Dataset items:

Content starts

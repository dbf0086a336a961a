//! What both commands take, and what both refuse.

use super::*;

// Each document that means something is taken by both commands.
#[test]
fn each_meaning(rt: HostRuntime) -> Result<(), Fail> {
    let text = TRANSFER.replace(rt.alloc(), "\"", "'")?;
    for command in ["run", "graph"] {
        let wrong = wrong_row(&rt, rt.alloc(), command, text.as_str(), ROWS)?;
        assert_eq!(rt; wrong.as_str(), "", "{command}");
    }
    Ok(())
}

const ROWS: &str = "'full' -> 'full' => accepted
'full' -> 'raw' => accepted
'o1' -> 'o1','o2' => accepted
'peers':['p1'] -> 'peers':['p1','p2'] => accepted
'apps':[ -> 'apps':[{'name':'k','agents':['p1'],'tau':1,'clients':[],'contract':'op f(){}'}, => accepted
'faulty':[ -> 'faulty':['p1' => accepted
'faulty':[ -> 'faulty':['o1' => accepted
{'do':'all'} -> nothing => accepted
{'do':'all'} -> {'do':'all'},{'do':'all'} => accepted
{'do':'all'} -> {'do':'deliver','msg':1,'to':'p1'} => accepted
'stream':[ -> 'stream':[{'config':'bank','agents':['p1'],'tau':1}, => accepted
'kind':'full' -> 'kind':'raw','zz':1 => field zz
'faulty':[ -> 'faulty':['p1','p1' => double faulty[1]";
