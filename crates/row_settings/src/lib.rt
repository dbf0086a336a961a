//! The table, the values and the agreed blocks of a document, for tests of what runs them.
#![tactic(auto)]

mod quoting;
mod setting;

pub use setting::{Setting, setting_of};
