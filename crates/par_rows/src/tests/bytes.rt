//! Bytes that are no JSON, and what JSON leaves open.

use super::*;

// A text is one JSON value, and the root is an object.
#[test]
fn json_values(rt: HostRuntime) -> Result<(), Fail> {
    let wrong = wrong_row(&rt, rt.alloc(), "graph", "DOCUMENT", JSON_VALUES)?;
    assert_eq!(rt; wrong.as_str(), "");
    Ok(())
}

const JSON_VALUES: &str = "DOCUMENT -> nothing => not json
DOCUMENT ->   => not json
DOCUMENT -> [] => field .
DOCUMENT ->  \t[] \t => field .
DOCUMENT -> null => field .
DOCUMENT -> 'version' => field .
DOCUMENT -> {} => field version
DOCUMENT -> {} {} => not json
DOCUMENT -> [], => not json
DOCUMENT -> [1,] => not json
DOCUMENT -> {'a':1,} => not json
DOCUMENT -> {a:1} => not json
DOCUMENT -> {'a' 1} => not json
DOCUMENT -> [tru] => not json
DOCUMENT -> [True] => not json
DOCUMENT -> /**/[] => not json
DOCUMENT -> []\0 => not json
DOCUMENT -> \u{feff}[] => not json
DOCUMENT -> \u{a0}[] => not json";

// Strings with escapes, and numbers as JSON has them.
#[test]
fn json_strings_and_numbers(rt: HostRuntime) -> Result<(), Fail> {
    let wrong = wrong_row(
        &rt,
        rt.alloc(),
        "graph",
        "DOCUMENT",
        JSON_STRINGS_AND_NUMBERS,
    )?;
    assert_eq!(rt; wrong.as_str(), "");
    Ok(())
}

const JSON_STRINGS_AND_NUMBERS: &str = "DOCUMENT -> ['\\u00e9\\n\\/'] => field .
DOCUMENT -> ['\\ud83d\\ude00'] => field .
DOCUMENT -> ['\\ud83d'] => not json
DOCUMENT -> ['\\ude00'] => not json
DOCUMENT -> ['\\u12'] => not json
DOCUMENT -> ['\\x'] => not json
DOCUMENT -> ['\t'] => not json
DOCUMENT -> ['a => not json
DOCUMENT -> [-0,0.5,1e-400,1E+2] => field .
DOCUMENT -> [01] => not json
DOCUMENT -> [+1] => not json
DOCUMENT -> [1.] => not json
DOCUMENT -> [.5] => not json
DOCUMENT -> [1e] => not json
DOCUMENT -> [-] => not json
DOCUMENT -> [0x1] => not json
DOCUMENT -> [NaN] => not json
DOCUMENT -> [1e400] => not json
DOCUMENT -> [-1e400] => not json";

// The empty key of the root is printed as nothing.
#[test]
fn the_empty_key(rt: HostRuntime) -> Result<(), Fail> {
    let text = edited(rt.alloc(), BASE, "{'version' -> {'a':1,'':1,'version'")?;
    let line = line_of_json(&rt, rt.alloc(), text.as_str())?;
    assert_eq!(rt; line.as_str(), "parblock: refused: field \n");
    Ok(())
}

/// A text inside so many pairs of brackets.
pub fn nested(
    alloc: Global,
    open: &str,
    inner: &str,
    close: &str,
    depth: usize,
) -> Result<String, AllocError> {
    let before = open.repeat(alloc, depth)?;
    let after = close.repeat(alloc, depth)?;
    format!(in alloc; "{before}{inner}{after}")
}

// Arrays and objects nest 127 deep and no deeper.
#[test]
fn depths(rt: HostRuntime) -> Result<(), Fail> {
    for (open, inner, close, depth, wanted) in [
        ("[", "", "]", 127, "parblock: refused: field .\n"),
        ("[", "", "]", 128, "parblock: refused: not json\n"),
        ("[", "'[[{{'", "]", 127, "parblock: refused: field .\n"),
        ("{'a':", "1", "}", 127, "parblock: refused: field version\n"),
        ("{'a':", "1", "}", 128, "parblock: refused: not json\n"),
        ("[{'a':", "1", "}]", 10000, "parblock: refused: not json\n"),
    ] {
        let text = nested(rt.alloc(), open, inner, close, depth)?;
        let line = line_of_json(&rt, rt.alloc(), text.as_str())?;
        assert_eq!(rt; line.as_str(), wanted, "{depth} times {open}");
    }
    Ok(())
}

// Bytes are UTF-8, in strings too.
#[test]
fn bytes_of_strings(rt: HostRuntime) -> Result<(), Fail> {
    for (bytes, wanted) in [
        (
            b"\"\x7f\xc3\xa9\xf0\x9f\x98\x80\"".as_slice(),
            "parblock: refused: field .\n",
        ),
        (b"\"\xff\"".as_slice(), "parblock: refused: not json\n"),
        (b"\"\xc3\"".as_slice(), "parblock: refused: not json\n"),
        (b"\"\xc0\x80\"".as_slice(), "parblock: refused: not json\n"),
        (
            b"\"\xed\xa0\x80\"".as_slice(),
            "parblock: refused: not json\n",
        ),
        (
            b"\"\xf4\x90\x80\x80\"".as_slice(),
            "parblock: refused: not json\n",
        ),
        (b"[]\xff".as_slice(), "parblock: refused: not json\n"),
    ] {
        let line = line_of(&rt, rt.alloc(), bytes)?;
        let length = bytes.len();
        assert_eq!(rt; line.as_str(), wanted, "{length} bytes");
    }
    Ok(())
}
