//! Documents that two workers can end alone: each end of a transaction waits for the begin of another.

use super::*;

const APART: &str =
    "{'version':1,'kind':'full','cut':{'txns':256,'bytes':1048576},'records':[['a',0],['b',0]],'orderers':['o1'],'quorum':1,'peers':['p1'],'apps':[{'name':'k','agents':['p1'],'tau':1,'clients':['c1'],'contract':'op set(r:record,n:number){r=n;}'}],'stream':[{'client':'c1','app':'k','op':'set','args':['a',1],'reads':[],'writes':['a']},{'client':'c1','app':'k','op':'set','args':['b',1],'reads':[],'writes':['b']}],'faulty':[],'schedule':[{'do':'all'}]}";

const PASSED_ON: &str =
    "{'version':1,'kind':'full','cut':{'txns':256,'bytes':1048576},'records':[['a',0],['b',0],['c',0],['d',0]],'orderers':['o1'],'quorum':1,'peers':['p1'],'apps':[{'name':'k','agents':['p1'],'tau':1,'clients':['c1'],'contract':'op set(r:record,n:number){r=n;} op copy(from:record,to:record){to=from;}'}],'stream':[{'client':'c1','app':'k','op':'set','args':['a',1],'reads':[],'writes':['a']},{'client':'c1','app':'k','op':'set','args':['b',1],'reads':[],'writes':['b']},{'client':'c1','app':'k','op':'copy','args':['a','c'],'reads':['a'],'writes':['c']},{'client':'c1','app':'k','op':'copy','args':['a','d'],'reads':['a'],'writes':['d']}],'faulty':[],'schedule':[{'do':'all'}]}";

// What a traced run by two workers writes of a document, unless an end waited in vain.
fn met<R: Threads + Sync>(
    rt: &R,
    alloc: Global,
    text: &str,
    gate: &Meeting<'_>,
) -> Result<String, Fail> {
    let bytes = json(alloc, text)?;
    let said = answer_with(rt, alloc, "run --workers 2 --trace", bytes.as_bytes(), gate)?;
    if gate.has_given_up() {
        return Err("an end waited in vain".into());
    }
    Ok(said.text)
}

// The worker of a transaction, by its line in a trace.
fn worker_of<'a>(text: &'a str, span: &str) -> Option<&'a str> {
    let (_, line) = text.split_once(span)?;
    let (worker, _) = line.split_once(" ")?;
    Some(worker)
}

#[test]
fn workers_run_beside_one_another(rt: HostRuntime) -> Result<(), Fail> {
    let gate = Meeting::new(&[&[1], &[0]]);
    let text = met(&rt, rt.alloc(), APART, &gate)?;
    assert!(rt; text.as_str().contains("burst p1 1 2\n"));
    Ok(())
}

#[test]
fn ready_work_passes_between_workers(rt: HostRuntime) -> Result<(), Fail> {
    let gate = Meeting::new(&[&[1], &[2, 3], &[3], &[2]]);
    let text = met(&rt, rt.alloc(), PASSED_ON, &gate)?;
    let third = worker_of(text.as_str(), "span 3 ");
    let fourth = worker_of(text.as_str(), "span 4 ");
    assert!(rt; third.is_some() && fourth.is_some() && third != fourth);
    Ok(())
}
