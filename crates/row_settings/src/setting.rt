//! What a document says of records and nodes, and the blocks that its stream is cut into.

ghost use Rattle.std.specs.Prelude.{◌≡◌, length, map, IfErr, IfOk};
ghost use Rattle.std.specs.List.{All};
ghost use Rattle.txn_types.specs.Values.{IsValue};
ghost use Rattle.oxii_defs.specs.Lawful.{IsLawfulTable, IsLawfulBody};
ghost use Rattle.txn_core.specs.MeantTable.{table_of};
ghost use Rattle.row_settings.specs.Settings.{HasSomeFault, IsOfDocument, quoted_byte};

use crate::quoting::quoted;
use block_cutter::cut;
use hash_ledger::chain;
use input_doc::{DocFault, Input, read_input};
use row_trouble::Trouble;
use std::alloc::Global;
use txn_core::Table;
use txn_types::{Blocks, Bodies, Values};

/// The table of a document, its values at the start, and the blocks that are agreed, with their bodies.
#[derive(Drop)]
pub struct Setting {
    pub table: Table,
    pub genesis: Values,
    pub bodies: Bodies,
    pub blocks: Blocks,
}

/// What a document in which ' stands for quotation marks says; `Trouble::Document` where it has a fault.
pub fn setting_of(alloc: Global, document: &str) -> Result<Setting, Trouble>
    ensures fault { IfErr result (λ trouble. trouble ≡ Trouble.Document → HasSomeFault (map quoted_byte document.now)) }
    ensures table { IfOk result (λ setting. IsLawfulTable (table_of setting.table)) }
    ensures genesis { IfOk result (λ setting. length setting.genesis ≡ length setting.table.records) }
    ensures values { IfOk result (λ setting. All IsValue setting.genesis) }
    ensures document { IfOk result (λ setting. IsOfDocument document.now setting.table setting.genesis setting.bodies setting.blocks) }
    ensures bodies { IfOk result (λ setting. All (λ body. IsLawfulBody (table_of setting.table) body.txns body.config) setting.bodies) }
{
    let bytes = quoted(alloc, document.as_bytes())?;
    let input = match read_input(alloc, bytes.as_slice()) {
        Ok(input) => input,
        Err(DocFault::OutOfMemory) => return Err(Trouble::Memory),
        Err(_) => return Err(Trouble::Document),
    };
    let Input {
        table,
        genesis,
        items,
        limits,
        ..
    } = input;
    let cut = cut(alloc, &table, items.as_slice(), &limits)?;
    let blocks = chain(alloc, &table, &cut.bodies)?;
    Ok(Setting {
        table,
        genesis,
        bodies: cut.bodies,
        blocks,
    })
}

Content ends

Lines to set down from above: the line with "DOCUMENT -> [True] => not json", the line with "fn json_strings_and_numbers(rt: HostRuntime)", and every line between, each exactly as written.

> Task answer
DOCUMENT -> [True] => not json
DOCUMENT -> /**/[] => not json
DOCUMENT -> []\0 => not json
DOCUMENT -> \u{feff}[] => not json
DOCUMENT -> \u{a0}[] => not json";

// Strings with escapes, and numbers as JSON has them.
#[test]
fn json_strings_and_numbers(rt: HostRuntime) -> Result<(), Fail> {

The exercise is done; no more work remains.